Nesta exposição, na certeza da excelência de uma artista como Ângela Ferreira, que constrói em linha, desconstrói em forma e afirma uma posição que parte da ativação do arquivo para a criação de consciência crítica sobre o colonialismo, o pós-colonialismo e os seus heróis, apresentamos ainda um desenho singular de Miriam Makeba que revela a admiração da artista e a forma fácil como captou a sua beleza integral. Ouvir-se-á, claro, a voz da Liberdade de Miriam Makeba, num gira-discos a rodar e a desafiar-nos para não permitir que a História se repita.

Miriam Makeba: a pós-memória da luta pela Liberdade na obra de Ângela Ferreira é, mais uma vez, a forma de a zet gallery e o dstgroup não ficarem em cima do muro e tomarem uma posição: pelos direitos humanos, pela equidade, pela Liberdade, pela paz.

Helena Mendes Pereira

 

[1] Parker, Rianna Jade (2021). A Brief History of Back British Art. London: Tate published. Página 9.

[2] Nasceu na Roménia, em 1949, e é uma autora essencial para compreendermos o conceito. É professora de inglês e de literatura comparada e diretora do Institute for Research on Women and Gender na Columbia University.

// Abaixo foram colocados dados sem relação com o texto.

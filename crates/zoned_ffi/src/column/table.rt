//! What a long column keeps: stretches in the order of time, and a table that says for each part of the
//! axis with which of them it begins.

ghost use Rattle.std.specs.Prelude.{◌<◌, ◌≡◌, MatchResult};
ghost use Rattle.zoned_ffi.specs.Steps.KeptTimes.{AreKept, IsKept, IsNotWritten, IsWritten, stretch_at};

use crate::column::kept::{Kept, found_around, found_at, kept_around};
use crate::column::row::{answer_by, answer_by_zone};
use crate::column::stretches::Stretches;
use crate::column::{NO_TIME, Question};

// Places 0 to 255 make a ring in the order of time. The place at which the stretch of place 0 is kept too.
const PLACE_0_AGAIN: usize = 256;

// The place of the one from elsewhere.
const ELSEWHERE: usize = 257;

// The place of the first one that is kept. It isn't 0, which is noted for all parts at first.
const START: u8 = 128;

// The most stretches in the ring: the place after the last one stays without a time.
const MOST: usize = 255;

// The parts of the axis, 136 years or more, for which the table can note a stretch.
const PARTS: usize = 2_048;

// How many parts away from those that are noted another one may be, to be noted too: 17 years or more. So a
// few old dates among new ones take no notes.
const REACH: i64 = 256;

// How many parts may be noted for a time from elsewhere.
const MOST_FROM_ELSEWHERE: i64 = 1_536;

// How many parts of a stretch are noted beyond the one that is asked about.
const MORE: i64 = 64;

// How many more stretches than rows may have been looked for.
const AHEAD: usize = 8;

// Of 64 times from elsewhere the first may replace the stretch that they share, and the one in the middle may
// be noted.
const FROM_ELSEWHERE: u8 = 64;

/// Which stretch a part of the axis begins with, and which stretches are kept. Only the time that a call
/// takes depends on it: each stretch is right by itself. The stretches aren't part of the table, since a struct
/// of both would be moved when it is made.
#[derive(Clone, Copy)]
pub struct Table {
    // The place of a stretch for each part.
    parts: [u8; PARTS],
    // It is noted for the parts from `begin` on and before `end`.
    begin: i64,
    end: i64,
    // The ring has the zone's stretches from the second `from` on and before `until`, but for those so short
    // that nothing is kept of them.
    from: i64,
    until: i64,
    // Their first time, and the first after them.
    low: i64,
    high: i64,
    // The places of the first one and the last one.
    first: u8,
    last: u8,
    // How many were looked for.
    count: usize,
    // The times from elsewhere, modulo `FROM_ELSEWHERE`.
    from_elsewhere: u8,
}

impl Table {
    /// The table before the first stretch, for times around that one.
    #[inline(always)]
    pub fn none_around(question: Question, time: i64) -> Table {
        let part = question.unit.part_of(time);
        Table {
            parts: [0; PARTS],
            begin: part,
            end: part,
            from: i64::MIN,
            until: i64::MAX,
            low: time,
            high: time,
            first: START,
            last: START,
            count: 0,
            from_elsewhere: 0,
        }
    }

    /// Keeps the stretch of the time, from which on the others are found.
    pub fn keep_first(&mut self, question: Question, stretches: &mut Stretches, time: i64)
        requires { AreKept question stretches.old }
        ensures { AreKept question.entry stretches.new }
    {
        let Some(found) = found_around(question, time) else {
            return;
        };
        self.from = found.from;
        self.until = found.until;
        let kept = found.kept;
        if !kept.is_empty() {
            put(question, stretches, START, kept);
            self.low = kept.low;
            self.high = kept.end();
        }
    }

    /// The stretch that is kept for the time, if one is: that with which its part begins, or the next one
    /// if the time doesn't come before that.
    #[inline(always)]
    pub fn kept_for(&self, question: Question, stretches: &Stretches, time: i64) -> Kept
        requires { AreKept question stretches.now }
        ensures { IsKept question.entry result }
    {
        let part = question.unit.part_of(time);
        let first = self.parts[index_of(part)] as usize;
        stretches.at(
            question,
            first + (stretches.lows[first + 1] <= time) as usize,
        )
    }

    /// What is written of the time in that row, or the number that says why nothing is.
    #[inline(always)]
    pub fn answer(
        &mut self,
        question: Question,
        stretches: &mut Stretches,
        row: usize,
        time: i64,
    ) -> Result<i64, u32>
        requires { AreKept question stretches.old }
        ensures kept { AreKept question.entry stretches.new }
        ensures answer { MatchResult result (IsWritten question.entry time)
            (λ n. IsNotWritten question.entry time n) }
    {
        match self
            .kept_for(question, stretches, time)
            .answer_to(question, time)
        {
            Some(found) => Ok(found),
            None if self.reaches(question.unit.part_of(time)) => {
                self.answer_nearby(&question, stretches, row, time)
            }
            None => self.answer_elsewhere(&question, stretches, time),
        }
    }

    // The same for a time of which no stretch is kept so far, but whose part can be noted.
    #[tactic(auto, using(crate::proofs::Casts::passed_on))]
    #[inline(never)]
    fn answer_nearby(
        &mut self,
        question: &Question,
        stretches: &mut Stretches,
        row: usize,
        time: i64,
    ) -> Result<i64, u32>
        requires { AreKept question.now stretches.old }
        ensures kept { AreKept question.now stretches.new }
        ensures answer { MatchResult result (IsWritten question.now time)
            (λ n. IsNotWritten question.now time n) }
    {
        self.keep_towards(*question, stretches, row, time);
        self.note(*question, time);
        let kept = self.kept_for(*question, stretches, time);
        if kept.has(time) {
            return answer_by(*question, kept, time);
        }
        self.answer_elsewhere(question, stretches, time)
    }

    // The same by the stretch from elsewhere, which becomes that of the time if a search is due.
    #[tactic(auto, using(crate::proofs::Casts::passed_on))]
    #[inline(never)]
    fn answer_elsewhere(
        &mut self,
        question: &Question,
        stretches: &mut Stretches,
        time: i64,
    ) -> Result<i64, u32>
        requires { AreKept question.now stretches.old }
        ensures kept { AreKept question.now stretches.new }
        ensures answer { MatchResult result (IsWritten question.now time)
            (λ n. IsNotWritten question.now time n) }
    {
        if time == NO_TIME {
            return Ok(NO_TIME);
        }
        self.from_elsewhere = self.from_elsewhere.wrapping_add(1) % FROM_ELSEWHERE;
        let kept = stretches.at(*question, ELSEWHERE);
        if kept.has(time) {
            return answer_by(*question, kept, time);
        }
        if self.from_elsewhere != 1 {
            return answer_by_zone(question, time);
        }
        let kept = kept_around(*question, time);
        stretches.put(*question, ELSEWHERE, kept);
        answer_by(*question, kept, time)
    }

    // Keeps stretches up to that of the time. It looks for no more of them than there were rows, and some.
    fn keep_towards(&mut self, question: Question, stretches: &mut Stretches, row: usize, time: i64)
        requires { AreKept question stretches.old }
        ensures { AreKept question.entry stretches.new }
    {
        for _ in self.count..row.saturating_add(AHEAD).min(MOST) {
            if !self.keep_one(question, stretches, time) {
                return;
            }
        }
    }

    // Whether to note that part and all up to it: it is near those that are noted, or a note is due and leaves
    // room for more of them.
    fn reaches(&self, part: i64) -> bool {
        let after_begin = part.wrapping_sub(self.begin);
        let before_end = self.end.wrapping_sub(part);
        let most = if self.from_elsewhere == FROM_ELSEWHERE / 2 {
            MOST_FROM_ELSEWHERE
        } else if -REACH <= after_begin.min(before_end) {
            PARTS as i64
        } else {
            return false;
        };
        after_begin.max(before_end) <= most
    }

    // Keeps one stretch more, unless the time lies among those that are kept. Whether it did.
    fn keep_one(&mut self, question: Question, stretches: &mut Stretches, time: i64) -> bool
        requires { AreKept question stretches.old }
        ensures { AreKept question.entry stretches.new }
    {
        if self.high <= time {
            self.note_up_to(question.unit.part_of(self.high));
            self.keep_next(question, stretches);
            return true;
        }
        if time < self.low {
            self.note_down_to(question.unit.part_of(self.low));
            self.keep_previous(question, stretches);
            return true;
        }
        false
    }

    // Keeps the stretch after those that are kept.
    fn keep_next(&mut self, question: Question, stretches: &mut Stretches)
        requires { AreKept question stretches.old }
        ensures { AreKept question.entry stretches.new }
    {
        self.count = self.count.wrapping_add(1);
        let Some(found) = found_at(question, self.until) else {
            self.high = i64::MAX;
            return;
        };
        self.until = found.until;
        let kept = found.kept;
        if !kept.is_empty() {
            self.last = self.last.wrapping_add(1);
            put(question, stretches, self.last, kept);
            self.high = kept.end();
        }
    }

    // Keeps the stretch before those that are kept. The part in which it ends begins with it.
    fn keep_previous(&mut self, question: Question, stretches: &mut Stretches)
        requires { AreKept question stretches.old }
        ensures { AreKept question.entry stretches.new }
    {
        self.count = self.count.wrapping_add(1);
        let Some(found) = found_at(question, self.from.wrapping_sub(1)) else {
            self.low = i64::MIN;
            return;
        };
        self.from = found.from;
        let kept = found.kept;
        if !kept.is_empty() {
            self.first = self.first.wrapping_sub(1);
            put(question, stretches, self.first, kept);
            self.low = kept.low;
            let last = question.unit.part_of(kept.end());
            self.begin = self.begin.max(last.wrapping_add(1));
        }
    }

    // Notes the part of the time, those up to it, and some more of its stretch, if that is kept.
    fn note(&mut self, question: Question, time: i64) {
        if self.low <= time && time < self.high {
            let part = question.unit.part_of(time);
            let last = question.unit.part_of(self.high);
            let first = question.unit.part_of(self.low);
            self.note_up_to(last.min(part.wrapping_add(MORE)));
            self.note_down_to(first.max(part.wrapping_sub(MORE)));
        }
    }

    // Notes the last stretch for the parts after those that are noted, up to that one.
    fn note_up_to(&mut self, part: i64) {
        let end = part
            .wrapping_add(1)
            .min(self.begin.wrapping_add(PARTS as i64));
        self.note_for(self.end, end, self.last);
        self.end = self.end.max(end);
    }

    // Notes the first stretch for the parts before those that are noted, down to that one.
    fn note_down_to(&mut self, part: i64) {
        let begin = part.max(self.end.wrapping_sub(PARTS as i64));
        self.note_for(begin, self.begin, self.first);
        self.begin = self.begin.min(begin);
    }

    // Notes the place for the parts from `begin` on and before `end`.
    fn note_for(&mut self, begin: i64, end: i64, place: u8) {
        if end <= begin {
            return;
        }
        let count = (end.wrapping_sub(begin).cast_unsigned() as usize).min(PARTS);
        let from = index_of(begin);
        let until = from + count;
        if until <= PARTS {
            self.parts[from..until].fill(place);
        } else {
            self.parts[from..].fill(place);
            self.parts[..until - PARTS].fill(place);
        }
    }
}

// Keeps the stretch at that place of the ring.
fn put(question: Question, stretches: &mut Stretches, place: u8, kept: Kept)
    requires kept { AreKept question stretches.old }
    requires this { IsKept question kept }
    ensures stretch { stretch_at stretches.new place ≡ kept }
    ensures kept { AreKept question.entry stretches.new }
{
    stretches.put(question, place as usize, kept);
    if place == 0 {
        stretches.put(question, PLACE_0_AGAIN, kept);
    }
}

// The place at which the stretch of the part is noted.
#[inline(always)]
fn index_of(part: i64) -> usize
    ensures { result < 2_048 }
{
    (part.cast_unsigned() % 2_048) as usize
}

O seu interesse por estes temas parte da consciência e do trauma da pós-memória do Holocausto. Entre as suas publicações mais relevantes sobre o tema, devem destacar-se:

Hirsch, Marianne (1997). Family Frames – Photography narrative and postmemory. Harvard: Harvard University Press.

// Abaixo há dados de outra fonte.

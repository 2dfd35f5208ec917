//! The stretches that a long column keeps.

ghost use Rattle.std.specs.Prelude.{◌<◌, ◌≡◌};
ghost use Rattle.zoned_ffi.specs.Steps.KeptTimes.{AreKept, IsKept, stretch_at, with_stretch};

use crate::column::Question;
use crate::column::kept::Kept;

/// How many they are.
pub const PLACES: usize = 258;

/// The stretches, each at its place, in a list for each of its fields: so a row takes fewer instructions than
/// with one list of structs.
#[derive(Clone, Copy)]
pub struct Stretches {
    /// The first time of each.
    pub lows: [i64; PLACES],
    /// How many times each has.
    pub lengths: [u64; PLACES],
    /// What is added to them.
    pub adds: [i64; PLACES],
}

impl Stretches {
    /// No times at any place.
    #[inline(always)]
    pub fn none(question: Question) -> Stretches
        ensures { AreKept question.entry result }
    {
        let Kept { low, length, add } = Kept::none(question);
        Stretches {
            lows: [low; PLACES],
            lengths: [length; PLACES],
            adds: [add; PLACES],
        }
    }

    /// The stretch at the place.
    #[inline(always)]
    pub fn at(&self, question: Question, place: usize) -> Kept
        requires place { place < 258 }
        requires kept { AreKept question self.now }
        ensures stretch { result ≡ stretch_at self.now place }
        ensures kept { IsKept question.entry result }
    {
        let _ = question;
        Kept {
            low: self.lows[place],
            length: self.lengths[place],
            add: self.adds[place],
        }
    }

    /// Keeps the stretch at the place.
    #[inline(always)]
    pub fn put(&mut self, question: Question, place: usize, kept: Kept)
        requires place { place < 258 }
        requires kept { AreKept question self.old }
        requires this { IsKept question kept }
        ensures stretches { self.new ≡ with_stretch self.old place kept }
        ensures kept { AreKept question.entry self.new }
    {
        let _ = question;
        self.lows[place] = kept.low;
        self.lengths[place] = kept.length;
        self.adds[place] = kept.add;
    }
}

Hirsch, Marianne (2012). The Generation of Postmemory – Writing and Visual Culture After the Holocaust. Nova Iorque: Columbia University Press.

[3] Hirsch, Marianne (2008). “The Generation of Postmemory” em Poetics Today, nº29, página 103 a 128. Emhttps://warwick.ac.uk/fac/cross_fac/ehrc/events/memory/poetics_today-2008-hirsch-103-28.pdf em 02 de janeiro de 2023.

[1] Ribeiro, António Pinto (2021). Novo Mundo. Arte Contemporânea no tempo da Pós-Memória. Lisboa: Edições Afrontamento. Página 8.